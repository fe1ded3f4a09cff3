//! The fields of a line, which stand with one space between them.

ghost use Rattle.std.specs.Prelude.{◌≡◌, ◌↔◌, ℕ, ◌<◌, ◌≤◌, ◌^◌, ◌++◌, ◌∷◌, [], List, length, map, decimal, IfSome, IfNone, OnSome, IsTrue, option_map};
ghost use Rattle.std.specs.List.{AllByRecursion};
ghost use Rattle.ft_types.specs.Counts.{IsCount};
ghost use Rattle.ft_types.specs.Text.{word};
ghost use Rattle.wire.specs.Fields.{HasNone, fields_of, fields_left};
ghost use Rattle.wire.specs.Values.{IsTerm, IsHart};

use ft_types::{
    COUNT_LIMIT, Count, Counts, HART_LIMIT, Hart, KEEPER_LIMIT, Keeper, Term, read_number,
    read_word,
};
use std::marker::Model;

/// Whether the text is the other.
pub(crate) fn is(text: &[u8], other: &[u8]) -> bool
    ensures { IsTrue result ↔ (text.now ≡ other.now) }
{
    text == other
}

/// The text up to the first space, and what stands behind that space.
fn cut(text: &[u8]) -> (&[u8], Option<&[u8]>)
    ensures one { HasNone 32 result.0.now }
    ensures some { IfSome result.1 (λ behind. text.now ≡ result.0.now ++ 32 ∷ behind.now) }
    ensures none { IfNone result.1 (text.now ≡ result.0.now) }
{
    match text.iter().position(|byte| *byte == b' ') {
        None => (text, None),
        Some(end) => (&text[..end], Some(&text[end + 1..])),
    }
}

/// The fields of a text that are not yet taken. Contracts see their list.
#[derive(Drop)]
pub(crate) struct Fields<'a> {
    /// What stands behind the space that ended the last one: nothing, not even an empty field, where none did.
    rest: Option<&'a [u8]>,
}

impl<'a> Model for Fields<'a> {
    ghost use Rattle.std.specs.Prelude.{ℕ, List, option_map};
    ghost use Rattle.wire.specs.Fields.{fields_left};

    ghost Value = { List (List ℕ) };

    ghost view = { λ f. fields_left (option_map (λ text. text.now) f.rest) };
}

impl<'a> Fields<'a> {
    /// All fields of a text.
    pub(crate) fn new(text: &'a [u8]) -> Fields<'a>
        ensures { result ≡ fields_of text.now }
    {
        Fields { rest: Some(text) }
    }

    /// Whether all are taken.
    pub(crate) fn is_done(&self) -> bool
        ensures { IsTrue result ↔ (self.now ≡ []) }
    {
        self.rest.is_none()
    }

    /// Takes the next field.
    pub(crate) fn take(&mut self) -> Option<&'a [u8]>
        ensures found { IfSome result (λ field. self.old ≡ field.now ∷ self.new) }
        ensures none { IfNone result (self.old ≡ []) }
    {
        let (field, behind) = cut(self.rest?);
        self.rest = behind;
        Some(field)
    }

    /// Takes the next field, which is this name.
    pub(crate) fn take_name(&mut self, name: &[u8]) -> Option<()>
        ensures found { OnSome result (self.old ≡ name.now ∷ self.new) }
        ensures none { IfNone result ((rest : List (List ℕ)) → self.old ≡ name.now ∷ rest → ⊥) }
    {
        if is(self.take()?, name) {
            Some(())
        } else {
            None
        }
    }

    /// Takes the next field, which is a number below the limit.
    fn take_below(&mut self, limit: u64) -> Option<u64>
        requires { limit ≤ COUNT_LIMIT }
        ensures found { IfSome result (λ n. (n < limit) × (self.old ≡ decimal n ∷ self.new)) }
        ensures none { IfNone result ((n : ℕ) (rest : List (List ℕ)) → n < limit → self.old ≡ decimal n ∷ rest → ⊥) }
    {
        let number = read_number(self.take()?)?;
        if number < limit { Some(number) } else { None }
    }

    /// Takes the next field, which is a count.
    pub(crate) fn take_count(&mut self) -> Option<Count>
        ensures found { IfSome result (λ n. IsCount n × (self.old ≡ decimal n ∷ self.new)) }
        ensures none { IfNone result ((n : ℕ) (rest : List (List ℕ)) → IsCount n → self.old ≡ decimal n ∷ rest → ⊥) }
    {
        self.take_below(COUNT_LIMIT)
    }

    /// Takes the next field, which is a term that was granted.
    pub(crate) fn take_term(&mut self) -> Option<Term>
        ensures found { IfSome result (λ t. IsTerm t × (self.old ≡ decimal t ∷ self.new)) }
        ensures none { IfNone result ((t : ℕ) (rest : List (List ℕ)) → IsTerm t → self.old ≡ decimal t ∷ rest → ⊥) }
    {
        let term = self.take_below(1 << 32)?;
        if term > 0 { Some(term as u32) } else { None }
    }

    /// Takes the next field, which is a keeper's number.
    pub(crate) fn take_keeper(&mut self) -> Option<Keeper>
        ensures found { IfSome result (λ k. (k < KEEPER_LIMIT) × (self.old ≡ decimal k ∷ self.new)) }
        ensures none { IfNone result ((k : ℕ) (rest : List (List ℕ)) → k < KEEPER_LIMIT → self.old ≡ decimal k ∷ rest → ⊥) }
    {
        let number = self.take_below(u64::from(KEEPER_LIMIT))?;
        Some(Keeper::new(number as u8))
    }

    /// Takes the next field, which is the number of a hart, below this number of harts.
    pub(crate) fn take_hart(&mut self, harts: u8) -> Option<Hart>
        ensures found { IfSome result (λ h. IsHart harts h × (self.old ≡ decimal h ∷ self.new)) }
        ensures none { IfNone result ((h : ℕ) (rest : List (List ℕ)) → IsHart harts h → self.old ≡ decimal h ∷ rest → ⊥) }
    {
        let number = self.take_below(u64::from(harts.min(HART_LIMIT)))?;
        Some(Hart::new(number as u8))
    }

    /// Takes the next field, which is a word.
    pub(crate) fn take_word(&mut self) -> Option<u32>
        ensures found { IfSome result (λ w. (w < 2 ^ 32) × (self.old ≡ word w ∷ self.new)) }
        ensures none { IfNone result ((w : ℕ) (rest : List (List ℕ)) → w < 2 ^ 32 → self.old ≡ word w ∷ rest → ⊥) }
    {
        read_word(self.take()?)
    }

    /// Takes the next fields, which are a count for each hart.
    pub(crate) fn take_counts(&mut self, harts: u8) -> Option<Counts>
        requires { harts ≤ HART_LIMIT }
        ensures found { IfSome result (λ counts. (length counts ≡ harts) × (self.old ≡ map decimal counts ++ self.new)) }
        ensures counts { IfSome result (λ counts. AllByRecursion IsCount counts) }
        ensures none { IfNone result ((counts : List ℕ) (rest : List (List ℕ)) → length counts ≡ harts → AllByRecursion IsCount counts →
            self.old ≡ map decimal counts ++ rest → ⊥) }
    {
        let mut counts = Counts::zero(harts);
        for number in 0..harts {
            let count = self.take_count()?;
            counts.set(Hart::new(number), count);
        }
        Some(counts)
    }
}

● ● ● ● ● ● ●

What you will do |
Emit, unaltered, the lines from the top of the listing down through the line that holds "pub(crate) struct Fields<'a>"; emit nothing else.

Task output |
repository fe1ded3f4a09cff3
//! The fields of a line, which stand with one space between them.

ghost use Rattle.std.specs.Prelude.{◌≡◌, ◌↔◌, ℕ, ◌<◌, ◌≤◌, ◌^◌, ◌++◌, ◌∷◌, [], List, length, map, decimal, IfSome, IfNone, OnSome, IsTrue, option_map};
ghost use Rattle.std.specs.List.{AllByRecursion};
ghost use Rattle.ft_types.specs.Counts.{IsCount};
ghost use Rattle.ft_types.specs.Text.{word};
ghost use Rattle.wire.specs.Fields.{HasNone, fields_of, fields_left};
ghost use Rattle.wire.specs.Values.{IsTerm, IsHart};

use ft_types::{
    COUNT_LIMIT, Count, Counts, HART_LIMIT, Hart, KEEPER_LIMIT, Keeper, Term, read_number,
    read_word,
};
use std::marker::Model;

/// Whether the text is the other.
pub(crate) fn is(text: &[u8], other: &[u8]) -> bool
    ensures { IsTrue result ↔ (text.now ≡ other.now) }
{
    text == other
}

/// The text up to the first space, and what stands behind that space.
fn cut(text: &[u8]) -> (&[u8], Option<&[u8]>)
    ensures one { HasNone 32 result.0.now }
    ensures some { IfSome result.1 (λ behind. text.now ≡ result.0.now ++ 32 ∷ behind.now) }
    ensures none { IfNone result.1 (text.now ≡ result.0.now) }
{
    match text.iter().position(|byte| *byte == b' ') {
        None => (text, None),
        Some(end) => (&text[..end], Some(&text[end + 1..])),
    }
}

/// The fields of a text that are not yet taken. Contracts see their list.
#[derive(Drop)]
pub(crate) struct Fields<'a> {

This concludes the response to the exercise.